An auctioneer calls out “800, 900, 1,000, 1,100 …” but he’s not selling off a car or a piece of land. He’s selling a human being.
CNN reports that at least nine locations in Libya are home to these slave auctions where young men are sold off for work. Most of them are migrants from other parts of Africa.
“Does anybody need a digger? This is a digger, a big strong man, he’ll dig,” the salesman, dressed in camouflage gear, says. “What am I bid, what am I bid?”
Buyers raise their hands as the price rises, “500, 550, 600, 650 …” Within minutes it is all over and the men, utterly resigned to their fate, are being handed over to their new “masters.”
After the auction, we met two of the men who had been sold. They were so traumatized by what they’d been through that they could not speak, and so scared that they were suspicious of everyone they met.
The men who are sold at these auctions are sometimes those who have run out of funds to get to Europe as they’ve journeyed from other parts of Africa to the north coast.

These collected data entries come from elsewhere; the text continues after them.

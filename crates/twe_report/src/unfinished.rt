//! The line of a run that is unfinished.
ghost use Rattle.std.specs.Prelude.{◌≡◌, IfOk, count_by};
ghost use Rattle.twe_report.specs.Texts.{is_undone};
ghost use Rattle.twe_report.specs.Texts as texts;

use itoa::Buffer;
use machine_state::{State, TaskRow, TaskStatus};
use std::alloc::Global;
use twe_base::{Bytes, Memory};

/// The line of a run that is unfinished in this state, as `unfinished: 1 of 2 tasks not done`.
pub fn unfinished_text(alloc: Global, st: &State) -> Result<Bytes, Memory>
    ensures { IfOk result (λ text. text ≡ texts.unfinished_text st.now) }
{
    let mut text = Bytes::from_slice(alloc, b"unfinished: ")?;
    text.push_all(Buffer::new().format(undone(st.tasks.as_slice())).as_bytes())?;
    text.push_all(b" of ")?;
    text.push_all(Buffer::new().format(st.tasks.len()).as_bytes())?;
    text.push_all(b" tasks not done\n")?;
    Ok(text)
}

/// The number of tasks that are not done.
#[tactic(auto, using(std::proofs::lemmas::List::Sums::count_by_more_yes, std::proofs::lemmas::List::Sums::count_by_more_no))]
pub fn undone(rows: &[TaskRow]) -> usize
    ensures { result ≡ count_by is_undone rows.now }
{
    let mut count = 0;
    for row in rows {
        if is_undone(row) {
            count += 1;
        }
    }
    count
}

/// Whether the task of this row is not done.
fn is_undone(row: &TaskRow) -> bool
    ensures { result ≡ is_undone row.now }
{
    !matches!(row.status, TaskStatus::Done)
}
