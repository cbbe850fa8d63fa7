//! Laws of a text and its layout: if the one is refused, the other is refused by the same rule, at the place of the same token.
#![tactic(auto)]

mod laws;

pub use laws::{layouts_keep_refusals, same_tokens_are_refused_alike};
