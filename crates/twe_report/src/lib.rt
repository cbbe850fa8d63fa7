//! The texts that the programs write: the result of a run, its journal, and the one line of each other answer; and the reading of
//! an input, with the answer to a read that fails.
//!
//! Programs that read one text and answer it have the way from their words to the status here, which is the same for all of them.
#![tactic(auto)]

mod journal;
mod lines;
mod load;
mod program;
mod reading;
mod result;
mod run;
mod stuck;
mod unfinished;

pub use journal::journal_part;
pub use lines::{
    accepted_text, fault_text, not_a_move_text, not_legal_text, push_place, refusal_text,
    usage_text,
};
pub use load::load_result_text;
pub use program::{TextProgram, by_word, without_words};
pub use reading::{Input, read_input};
pub use result::{prints_text, result_text};
pub use run::run_text_program;
pub use stuck::stuck_text;
pub use unfinished::{undone, unfinished_text};
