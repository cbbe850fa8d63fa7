//! The reading of a program's input, and the answer to a read that fails.
ghost use Rattle.std.specs.Prelude.{IfOk};
ghost use Rattle.twe_io.specs.Ends.{source};
ghost use Rattle.twe_report.specs.Reading.{IsInput};

use crate::lines::{read_fault_text, too_long_text};
use std::alloc::Global;
use twe_base::{Bytes, Memory};
use twe_io::{Answer, ReadFail, Source, Status, read_text};

/// What the reading of an input came to.
#[derive(Debug, Drop)]
pub enum Input {
    /// The input: all that the source had left.
    Given(Bytes),
    /// The answer to a read that failed, or to a source with more bytes than a text may have.
    Failed(Answer),
}

/// Reads the input of a program: all that its source has left, at most 1,048,576 bytes. If a read fails or there are more bytes,
/// the result is the answer to that, with status 5 or 8 and a line on err. After `Memory` nothing was read, or no answer could be
/// made.
pub fn read_input<S: Source>(alloc: Global, src: &mut S) -> Result<Input, Memory>
    ensures { IfOk result (IsInput (source S.left S.faults S.read_gives) src.old src.new) }
{
    match read_text(alloc, src) {
        Ok(input) => Ok(Input::Given(input)),
        Err(ReadFail::ReadFault) => {
            let line = read_fault_text(alloc)?;
            Ok(Input::Failed(Answer::on_err(alloc, Status::ReadFault, line)))
        }
        Err(ReadFail::TooLong) => {
            let line = too_long_text(alloc)?;
            Ok(Input::Failed(Answer::on_err(alloc, Status::TooLong, line)))
        }
        Err(ReadFail::OutOfMemory(memory)) => Err(memory),
    }
}
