//! The result of a run.
ghost use Rattle.std.specs.Prelude.{◌≡◌, ◌++◌, ◌+◌, ◌*◌, ◌^◌, ◌<◌, ◌-◌, IfOk, OnOk};
ghost use Rattle.std.specs.List.{flat_map};
ghost use Rattle.twe_report.specs.Texts.{prints_text, printed_line, value_text, more_values, row_text, more_rows, grid_text, values_text, cell_line};
ghost use Rattle.twe_report.specs.Texts as texts;

use itoa::Buffer;
use machine_state::State;
use std::alloc::Global;
use twe_base::{Bytes, Memory};
use twe_program::{CellDecl, Dims, Prog};

/// The result of a run: the printed numbers, the cells in the order of their declaration, and the number of tasks that
/// were made.
pub fn result_text(alloc: Global, p: &Prog, st: &State) -> Result<Bytes, Memory>
    ensures { IfOk result (λ text. text ≡ texts.result_text p.now st.now) }
{
    let mut text = Bytes::new(alloc);
    push_prints(&mut text, st.prints.as_slice())?;
    push_cells(&mut text, p.cells.as_slice(), st.cells.as_slice())?;
    text.push_all(b"tasks ")?;
    text.push_all(Buffer::new().format(st.tasks.len()).as_bytes())?;
    text.push(b'\n')?;
    Ok(text)
}

/// The printed numbers, each on a line of its own.
pub fn prints_text(alloc: Global, prints: &[i32]) -> Result<Bytes, Memory>
    ensures { IfOk result (λ text. text ≡ texts.prints_text prints.now) }
{
    let mut text = Bytes::new(alloc);
    push_prints(&mut text, prints)?;
    Ok(text)
}

/// Appends each printed number, on a line of its own.
fn push_prints(text: &mut Bytes, prints: &[i32]) -> Result<(), Memory>
    ensures { OnOk result (text.new ≡ text.old ++ prints_text prints.now) }
{
    for number in prints {
        push_print(text, *number)?;
    }
    Ok(())
}

/// Appends a number, on a line of its own.
fn push_print(text: &mut Bytes, number: i32) -> Result<(), Memory>
    ensures { OnOk result (text.new ≡ text.old ++ printed_line number) }
{
    text.push_all(Buffer::new().format(number).as_bytes())?;
    text.push(b'\n')?;
    Ok(())
}

/// Appends a line for each declaration of cells, as `x = 42`.
fn push_cells(text: &mut Bytes, cells: &[CellDecl], values: &[i32]) -> Result<(), Memory>
    ensures { OnOk result (text.new ≡ text.old ++ flat_map (cell_line values.now) cells.now) }
{
    for cell in cells {
        push_cell(text, cell, values)?;
    }
    Ok(())
}

/// Appends the line of a declaration of cells.
fn push_cell(text: &mut Bytes, cell: &CellDecl, values: &[i32]) -> Result<(), Memory>
    ensures { OnOk result (text.new ≡ text.old ++ cell_line values.now cell.now) }
{
    text.push_all(cell.name.as_bytes())?;
    text.push_all(b" = ")?;
    push_values(text, values, u64::from(cell.first), cell.dims)?;
    text.push(b'\n')
}

/// Appends the values of a declaration whose first cell has this number.
fn push_values(text: &mut Bytes, values: &[i32], cell: u64, dims: Dims) -> Result<(), Memory>
    requires { cell < 2 ^ 32 }
    ensures { OnOk result (text.new ≡ text.old ++ values_text values.now cell dims) }
{
    match dims {
        Dims::Scalar => push_value(text, values, cell),
        Dims::Row(count) => push_row(text, values, cell, u64::from(count)),
        Dims::Grid { rows, cols } => {
            push_grid(text, values, cell, u64::from(rows), u64::from(cols))
        }
    }
}

/// Appends the value of the cell of this number, and nothing if no cell has the number.
pub(crate) fn push_value(text: &mut Bytes, values: &[i32], cell: u64) -> Result<(), Memory>
    ensures { OnOk result (text.new ≡ text.old ++ value_text values.now cell) }
{
    if let Some(value) = values.get(cell as usize) {
        text.push_all(Buffer::new().format(*value).as_bytes())?;
    }
    Ok(())
}

/// Appends `count` values from the cell of this number on, as `[1, 0, 0]`.
fn push_row(text: &mut Bytes, values: &[i32], cell: u64, count: u64) -> Result<(), Memory>
    requires { cell + count < 2 ^ 64 }
    ensures { OnOk result (text.new ≡ text.old ++ row_text values.now cell count) }
{
    if count == 0 {
        return text.push_all(b"[]");
    }
    text.push(b'[')?;
    push_value(text, values, cell)?;
    push_more_values(text, values, cell + 1, count - 1)?;
    text.push(b']')
}

/// Appends `count` values from the cell of this number on, each after `, `.
fn push_more_values(text: &mut Bytes, values: &[i32], cell: u64, count: u64) -> Result<(), Memory>
    requires { cell + count < 2 ^ 64 }
    ensures { OnOk result (text.new ≡ text.old ++ more_values values.now cell count) }
{
    for at in cell..cell + count {
        text.push_all(b", ")?;
        push_value(text, values, at)?;
    }
    Ok(())
}

/// Appends `rows` rows of `columns` values from the cell of this number on, as `[[0, 0], [1, 10]]`.
fn push_grid(
    text: &mut Bytes,
    values: &[i32],
    cell: u64,
    rows: u64,
    columns: u64,
) -> Result<(), Memory>
    requires small { cell < 2 ^ 32 }
    requires few_rows { rows < 2 ^ 32 }
    requires few_columns { columns < 2 ^ 32 }
    ensures { OnOk result (text.new ≡ text.old ++ grid_text values.now cell rows columns) }
{
    if rows == 0 {
        return text.push_all(b"[]");
    }
    text.push(b'[')?;
    push_row(text, values, cell, columns)?;
    push_more_rows(text, values, cell + columns, rows - 1, columns)?;
    text.push(b']')
}

/// Appends `rows` rows of `columns` values from the cell of this number on, each row after `, `.
fn push_more_rows(
    text: &mut Bytes,
    values: &[i32],
    cell: u64,
    rows: u64,
    columns: u64,
) -> Result<(), Memory>
    requires small { cell < 2 ^ 33 }
    requires few_rows { rows < 2 ^ 32 - 1 }
    requires few_columns { columns < 2 ^ 32 }
    ensures { OnOk result (text.new ≡ text.old ++ more_rows values.now cell rows columns) }
{
    let mut at = cell;
    for _ in 0..rows {
        text.push_all(b", ")?;
        push_row(text, values, at, columns)?;
        at += columns;
    }
    Ok(())
}
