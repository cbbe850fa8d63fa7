//! The line of a run that is stuck.
ghost use Rattle.std.specs.Prelude.{◌≡◌, ◌++◌, IfOk, OnOk};
ghost use Rattle.twe_report.specs.Texts.{edge_text, edge_word, edges_text, more_edges};
ghost use Rattle.twe_report.specs.Texts as texts;

use itoa::Buffer;
use std::alloc::Global;
use twe_base::{Bytes, Memory};
use wait_graph::{Cycle, Edge};

/// The line of a stuck run, with the cycle of tasks that hold one another up, as
/// `stuck: 1 waits 3, 3 held by 1`.
pub fn stuck_text(alloc: Global, cycle: &Cycle) -> Result<Bytes, Memory>
    ensures { IfOk result (λ text. text ≡ texts.stuck_text cycle.now) }
{
    let mut text = Bytes::from_slice(alloc, b"stuck: ")?;
    push_edges(&mut text, cycle.as_slice())?;
    text.push(b'\n')?;
    Ok(text)
}

/// Appends edges, with `, ` between them.
fn push_edges(text: &mut Bytes, edges: &[Edge]) -> Result<(), Memory>
    ensures { OnOk result (text.new ≡ text.old ++ edges_text edges.now) }
{
    match edges {
        [] => Ok(()),
        [edge, others @ ..] => {
            push_edge(text, *edge)?;
            push_more_edges(text, others)
        }
    }
}

/// Appends edges, each after `, `.
fn push_more_edges(text: &mut Bytes, edges: &[Edge]) -> Result<(), Memory>
    ensures { OnOk result (text.new ≡ text.old ++ more_edges edges.now) }
{
    for edge in edges {
        text.push_all(b", ")?;
        push_edge(text, *edge)?;
    }
    Ok(())
}

/// Appends an edge, as `1 waits 3` or `3 held by 1`.
fn push_edge(text: &mut Bytes, edge: Edge) -> Result<(), Memory>
    ensures { OnOk result (text.new ≡ text.old ++ edge_text edge) }
{
    text.push_all(Buffer::new().format(edge.from).as_bytes())?;
    text.push_all(word_of(edge.held))?;
    text.push_all(Buffer::new().format(edge.to).as_bytes())
}

/// The words between the two tasks of an edge.
fn word_of(held: bool) -> &'static [u8]
    ensures { result.now ≡ edge_word held }
{
    if held { b" held by " } else { b" waits " }
}
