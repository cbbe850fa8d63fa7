//! The journal after the result of a run.
ghost use Rattle.std.specs.Prelude.{◌≡◌, IfOk};
ghost use Rattle.twe_report.specs.Texts as texts;

use seg_journal::{Journal, print_journal};
use std::alloc::Global;
use twe_base::{Bytes, Limits, Memory};

/// The lines of a journal after the other lines of a run: a line `%%`, and the text of the journal with the limits as its
/// head.
pub fn journal_part(alloc: Global, journal: &Journal, lim: Limits) -> Result<Bytes, Memory>
    ensures { IfOk result (λ text. text ≡ texts.journal_part_text lim journal.now) }
{
    let mut text = Bytes::from_slice(alloc, b"%%\n")?;
    let lines = print_journal(alloc, journal, lim)?;
    text.push_all(lines.as_slice())?;
    Ok(text)
}
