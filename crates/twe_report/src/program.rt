//! What a program is that reads one text.
ghost use Rattle.std.specs.Prelude.{◌≡◌, ◌≤◌, ℕ, List, Option, length, IfOk};
ghost use Rattle.twe_report.specs.Causes.{by_word, without_words};
ghost use Rattle.twe_base.specs.Language.{max_text_bytes};
ghost use Rattle.twe_io.specs.declared.answer.Answer.{Answer};

use std::alloc::Global;
use twe_base::{Bytes, Memory, Word};
use twe_io::Answer;

/// A program that reads one text, as its words ask for it.
///
/// Contracts see what its words may be, its usage line, and which answer is due to a text.
pub trait TextProgram: Drop {
    /// What words ask for, or `None` if the program takes no such words.
    ghost asked: { List (List ℕ) → Option Self };

    /// The usage line.
    ghost usage: { List ℕ };

    /// This is an answer that is due to the text, if the words ask for this.
    ghost due: { Self → List ℕ → Answer → Type 0 };

    /// What the words ask for, or `None` if the program takes no such words.
    fn of_words(alloc: Global, words: &[Word]) -> Result<Option<Self>, Memory>
        ensures { IfOk result (λ wanted. wanted ≡ asked words.now) };

    /// The usage line.
    fn usage_text(alloc: Global) -> Result<Bytes, Memory>
        ensures { IfOk result (λ text. text ≡ usage) };

    /// An answer that is due to the text.
    fn answer_text(&self, alloc: Global, text: &[u8]) -> Result<Answer, Memory>
        requires { length text.now ≤ max_text_bytes }
        ensures { IfOk result (due self.now text.now) };
}

/// The program, if there are no words.
pub fn without_words<P: Drop>(words: &[Word], program: P) -> Option<P>
    ensures { result ≡ without_words program words.now }
{
    match words {
        [] => Some(program),
        [_, ..] => None,
    }
}

/// One program if there are no words, and another if there is exactly this word.
pub fn by_word<P: Drop>(words: &[Word], plain: P, name: &[u8], named: P) -> Option<P>
    ensures { result ≡ by_word plain name.now named words.now }
{
    match words {
        [] => Some(plain),
        [word] => {
            if word.as_bytes() == name {
                Some(named)
            } else {
                None
            }
        }
        _ => None,
    }
}
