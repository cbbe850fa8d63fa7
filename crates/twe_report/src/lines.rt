//! The answers of one line. Each line ends with byte 10.
ghost use Rattle.std.specs.Prelude.{◌≡◌, ◌++◌, IfOk, OnOk};
ghost use Rattle.twe_report.specs.Texts.{text_rule, name_rule, effect_rule, rule_text, place_text, fault_name};
ghost use Rattle.twe_report.specs.Texts as texts;

use effect_check::ERule;
use itoa::Buffer;
use name_check::NRule;
use std::alloc::Global;
use twe_base::{Bytes, FaultKind, Memory, Place};
use twe_frontend::{Refusal, RuleName};
use twe_parser::SRule;

/// The usage line.
pub fn usage_text(alloc: Global) -> Result<Bytes, Memory>
    ensures { IfOk result (λ text. text ≡ texts.usage_text) }
{
    Bytes::from_slice(
        alloc,
        b"usage: twe check | run [--workers k] [--fuel f] [--tasks t] [--journal] | \
replay [--fuel f] [--tasks t] | load N [--workers k]\n",
    )
}

/// The line for a read that failed.
pub(crate) fn read_fault_text(alloc: Global) -> Result<Bytes, Memory>
    ensures { IfOk result (λ text. text ≡ texts.read_fault_text) }
{
    Bytes::from_slice(alloc, b"read fault\n")
}

/// The line for an input that has more bytes than a text may have.
pub(crate) fn too_long_text(alloc: Global) -> Result<Bytes, Memory>
    ensures { IfOk result (λ text. text ≡ texts.too_long_text) }
{
    Bytes::from_slice(alloc, b"input too long\n")
}

/// The line for a journal text in which line `n`, counted from 1, is the first that is neither a head on line 1 nor a move.
pub fn not_a_move_text(alloc: Global, n: u64) -> Result<Bytes, Memory>
    ensures { IfOk result (λ text. text ≡ texts.not_a_move_text n) }
{
    bad_line_text(alloc, n, b"a move")
}

/// The line for a journal text in which line `n`, counted from 1, has the first move that is not legal.
pub fn not_legal_text(alloc: Global, n: u64) -> Result<Bytes, Memory>
    ensures { IfOk result (λ text. text ≡ texts.not_legal_text n) }
{
    bad_line_text(alloc, n, b"legal")
}

/// The line for a journal text in which line `n` is not what it has to be.
fn bad_line_text(alloc: Global, n: u64, what: &[u8]) -> Result<Bytes, Memory>
    ensures { IfOk result (λ text. text ≡ texts.bad_line_text n what.now) }
{
    let mut text = Bytes::from_slice(alloc, b"journal: line ")?;
    text.push_all(Buffer::new().format(n).as_bytes())?;
    text.push_all(b" is not ")?;
    text.push_all(what)?;
    text.push(b'\n')?;
    Ok(text)
}

/// The line for a text that is accepted.
pub fn accepted_text(alloc: Global) -> Result<Bytes, Memory>
    ensures { IfOk result (λ text. text ≡ texts.accepted_text) }
{
    Bytes::from_slice(alloc, b"accepted\n")
}

/// The line that names the refusal of a text, as `refused: E1 at 3:28`.
pub fn refusal_text(alloc: Global, refusal: Refusal) -> Result<Bytes, Memory>
    ensures { IfOk result (λ text. text ≡ texts.refusal_text refusal) }
{
    let mut text = Bytes::from_slice(alloc, b"refused: ")?;
    text.push_all(name_of(refusal.rule))?;
    text.push_all(b" at ")?;
    push_place(&mut text, refusal.place)?;
    text.push(b'\n')?;
    Ok(text)
}

/// The line of a fault, as `fault: DivZero in task 0 at 4:34`.
pub fn fault_text(alloc: Global, task: u32, kind: FaultKind, place: Place) -> Result<Bytes, Memory>
    ensures { IfOk result (λ text. text ≡ texts.fault_text task kind place) }
{
    let mut text = Bytes::from_slice(alloc, b"fault: ")?;
    text.push_all(name_of_fault(kind))?;
    text.push_all(b" in task ")?;
    text.push_all(Buffer::new().format(task).as_bytes())?;
    text.push_all(b" at ")?;
    push_place(&mut text, place)?;
    text.push(b'\n')?;
    Ok(text)
}

/// The name of a fault.
fn name_of_fault(kind: FaultKind) -> &'static [u8]
    ensures { result.now ≡ fault_name kind }
{
    match kind {
        FaultKind::DivZero => b"DivZero",
        FaultKind::Index => b"Index",
        FaultKind::Fuel => b"Fuel",
        FaultKind::Depth => b"Depth",
        FaultKind::TaskLimit => b"TaskLimit",
    }
}

/// The name of a rule of the text.
fn name_of_text_rule(rule: SRule) -> &'static [u8]
    ensures { result.now ≡ text_rule rule }
{
    match rule {
        SRule::S1 => b"S1",
        SRule::S2 => b"S2",
        SRule::S3 => b"S3",
        SRule::S4 => b"S4",
        SRule::S5 => b"S5",
        SRule::S6 => b"S6",
    }
}

/// The name of a rule of names.
fn name_of_name_rule(rule: NRule) -> &'static [u8]
    ensures { result.now ≡ name_rule rule }
{
    match rule {
        NRule::N1 => b"N1",
        NRule::N2 => b"N2",
        NRule::N3 => b"N3",
        NRule::N4 => b"N4",
        NRule::N5 => b"N5",
        NRule::N6 => b"N6",
        NRule::N7 => b"N7",
        NRule::N8 => b"N8",
        NRule::N9 => b"N9",
    }
}

/// The name of a rule on effects.
fn name_of_effect_rule(rule: ERule) -> &'static [u8]
    ensures { result.now ≡ effect_rule rule }
{
    match rule {
        ERule::E1 => b"E1",
        ERule::E2 => b"E2",
        ERule::E3 => b"E3",
        ERule::E4 => b"E4",
        ERule::E5 => b"E5",
        ERule::E6 => b"E6",
        ERule::E7 => b"E7",
        ERule::E8 => b"E8",
    }
}

/// The name of a rule.
fn name_of(rule: RuleName) -> &'static [u8]
    ensures { result.now ≡ rule_text rule }
{
    match rule {
        RuleName::Text(rule) => name_of_text_rule(rule),
        RuleName::Name(rule) => name_of_name_rule(rule),
        RuleName::Effect(rule) => name_of_effect_rule(rule),
    }
}

/// Appends a place to a text, as `3:28`.
pub fn push_place(text: &mut Bytes, place: Place) -> Result<(), Memory>
    ensures { OnOk result (text.new ≡ text.old ++ place_text place) }
{
    text.push_all(Buffer::new().format(place.line).as_bytes())?;
    text.push(b':')?;
    text.push_all(Buffer::new().format(place.col).as_bytes())?;
    Ok(())
}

One man, Victory, was “sold as a laborer by his smugglers, who told him that the profit made from the transactions would serve to reduce his debt. But after weeks of being forced to work, Victory was told the money he’d been bought for wasn’t enough. He was returned to his smugglers, only to be re-sold several more times.”
Victory was eventually released after his smugglers demanded ransom payments from his family. He is not in a detention center waiting to be sent back to Nigeria. “I go back and start back from square one. It’s very painful. Very painful.”